Rastros de violência em cadeia
Na manhã de quinta-feira (12), o pintor Roberto Ângelo Muniz do Nascimento, 49, foi encontrado agonizando em casa após cair de uma escada enquanto trabalhava. Socorrido pelo SAMU, morreu no Hospital São Camilo.
Horas depois, na CE-288, no Sítio Tipi (Aurora), o agricultor Agostinho Vieira dos Santos Filho, 48, perdeu o controle da motocicleta e faleceu antes da chegada do resgate.
“Vizinhos relataram ter ouvido uma discussão acirrada, seguida de vários disparos e o barulho de uma moto em fuga”, informaram policiais sobre o segundo homicídio em Juazeiro.

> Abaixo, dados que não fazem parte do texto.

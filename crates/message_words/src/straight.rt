// The message of twenty words, checked and written straight out of them: what `writer` answers of the message that is read out
// of the words, with no message made.
ghost use Rattle.std.specs.Prelude.{◌≡◌, [], ◌≤◌, ◌<◌, length};
ghost use Rattle.stores.specs.Stores.{over};
ghost use Rattle.layout.specs.Layout.{kind_of, control_of, size_of, header_octets, body_octets};
ghost use Rattle.writer.specs.Writing.{stamp_fits, body_fits, write_check, write_of, buffer_of};
ghost use Rattle.message_words.specs.Words.{stamp_of, header_of, body_of, message_of};

use refusal::Refusal;

// The nanoseconds of a second, as a word.
const NANOS: u64 = refusal::SECOND_NANOS as u64;

// The type of the message.
fn kind_of(w: &[u64; 20]) -> u8
    ensures { result ≡ kind_of (body_of w.now) }
{
    let kind = w[0];
    match kind {
        0x0 => 0x0,
        0x1 => 0x1,
        0x8 => 0x8,
        0x9 => 0x9,
        0xB => 0xB,
        _ => 0xC,
    }
}

// Its controlField.
fn control_of(w: &[u64; 20]) -> u8
    ensures { result ≡ control_of (body_of w.now) }
{
    let kind = w[0];
    match kind {
        0x0 => 0,
        0x1 => 1,
        0x8 => 2,
        0x9 => 3,
        0xB => 5,
        _ => 5,
    }
}

// How many octets it has before its tail.
fn size_of(w: &[u64; 20]) -> usize
    ensures { (result ≡ size_of (body_of w.now)) × (44 ≤ result) × (result ≤ 64) }
{
    let kind = w[0];
    match kind {
        0x0 => 44,
        0x1 => 44,
        0x8 => 44,
        0x9 => 54,
        0xB => 64,
        _ => 44,
    }
}

// Whether its timestamp fits and would be read.
fn stamp_holds(w: &[u64; 20]) -> bool
    ensures { result ≡ stamp_fits (stamp_of w.now) }
{
    (w[9] < 0x1_0000_0000_0000) & (w[10] % 0x1_0000_0000 < NANOS)
}

// The same by its type; a Signaling has no timestamp.
fn body_holds(w: &[u64; 20]) -> bool
    ensures { result ≡ body_fits (body_of w.now) }
{
    let kind = w[0];
    match kind {
        0x0 => stamp_holds(w),
        0x1 => stamp_holds(w),
        0x8 => stamp_holds(w),
        0x9 => stamp_holds(w),
        0xB => stamp_holds(w),
        _ => true,
    }
}

// The checks: 18, then 16 against the room there is.
fn check(w: &[u64; 20], tail: &[u8], magic: u16, room: usize) -> Result<(), Refusal>
    ensures { result ≡ write_check magic (message_of w.now) tail.now room }
{
    if w[1] % 256 >= 16 {
        return Err(Refusal::Field);
    }
    if !body_holds(w) {
        return Err(Refusal::Field);
    }
    let size = size_of(w);
    if tail.len() > 65535 - size {
        return Err(Refusal::Field);
    }
    if message::reading::tail_check(tail, size, magic).is_err() {
        return Err(Refusal::Field);
    }
    if room < size + tail.len() {
        return Err(Refusal::Room);
    }
    Ok(())
}

// Its header, for a message of `size` octets.
fn put_header(out: &mut [u8], w: &[u64; 20], size: u16)
    requires { ((header_of w.now).transport < 16) × (34 ≤ length out.old) }
    ensures { out.new ≡ over out.old 0 (header_octets (header_of w.now) (body_of w.now) size []) }
{
    let h = crate::header_of(w);
    let kind = kind_of(w);
    let control = control_of(w);
    layout::put_lead(out, h, kind, size);
    layout::put_identity(out, 20, h.source);
    layout::put_close(out, h, control);
}

// What stands behind the header: the timestamp, in a Signaling the target; from octet 44 on what a Delay_Resp and an Announce have.
fn put_body(out: &mut [u8], w: &[u64; 20])
    requires { size_of (body_of w.now) ≤ length out.old }
    ensures { out.new ≡ over out.old 34 (body_octets (body_of w.now) []) }
{
    let kind = w[0];
    match kind {
        0x0 => layout::put_stamp(out, crate::stamp_of(w)),
        0x1 => layout::put_stamp(out, crate::stamp_of(w)),
        0x8 => layout::put_stamp(out, crate::stamp_of(w)),
        0x9 => {
            layout::put_stamp(out, crate::stamp_of(w));
            layout::put_identity(out, 44, crate::identity_at(w, 11));
        }
        0xB => {
            layout::put_stamp(out, crate::stamp_of(w));
            layout::put_announce(out, crate::announce_of(w));
        }
        _ => layout::put_identity(out, 34, crate::identity_at(w, 9)),
    }
}

// The message and its tail go into the front of the buffer.
pub fn write(out: &mut [u8], w: &[u64; 20], tail: &[u8], magic: u16) -> Result<usize, Refusal>
    ensures answer { result ≡ write_of magic (message_of w.now) tail.now out.old }
    ensures buffer { out.new ≡ buffer_of magic (message_of w.now) tail.now out.old }
{
    check(w, tail, magic, out.len())?;
    let size = size_of(w);
    let n = size + tail.len();
    put_header(out, w, n as u16);
    put_body(out, w);
    stores::copy_in(out, size, tail);
    Ok(n)
}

Na madrugada de sexta-feira, a violência escalonou em Juazeiro do Norte: às 1h, Pedro Rammatis Bento Dantas, 20, foi executado por dois homens em uma moto preta na Rua Madre Nely Sobreira. Quatro horas depois, um homem ainda não identificado foi morto a tiros no bairro Tiradentes; cápsulas de calibres 38, 45 e 380 ficaram pelo chão.
Contexto: por que o Cariri segue vulnerável?
Dados do Fórum Brasileiro de Segurança Pública apontam que o Ceará registrou taxa de 37,3 homicídios por 100 mil habitantes em 2023, acima da média nacional. No mesmo período, acidentes de trabalho fatais cresceram 9%, segundo o Observatório de Segurança e Saúde no Trabalho.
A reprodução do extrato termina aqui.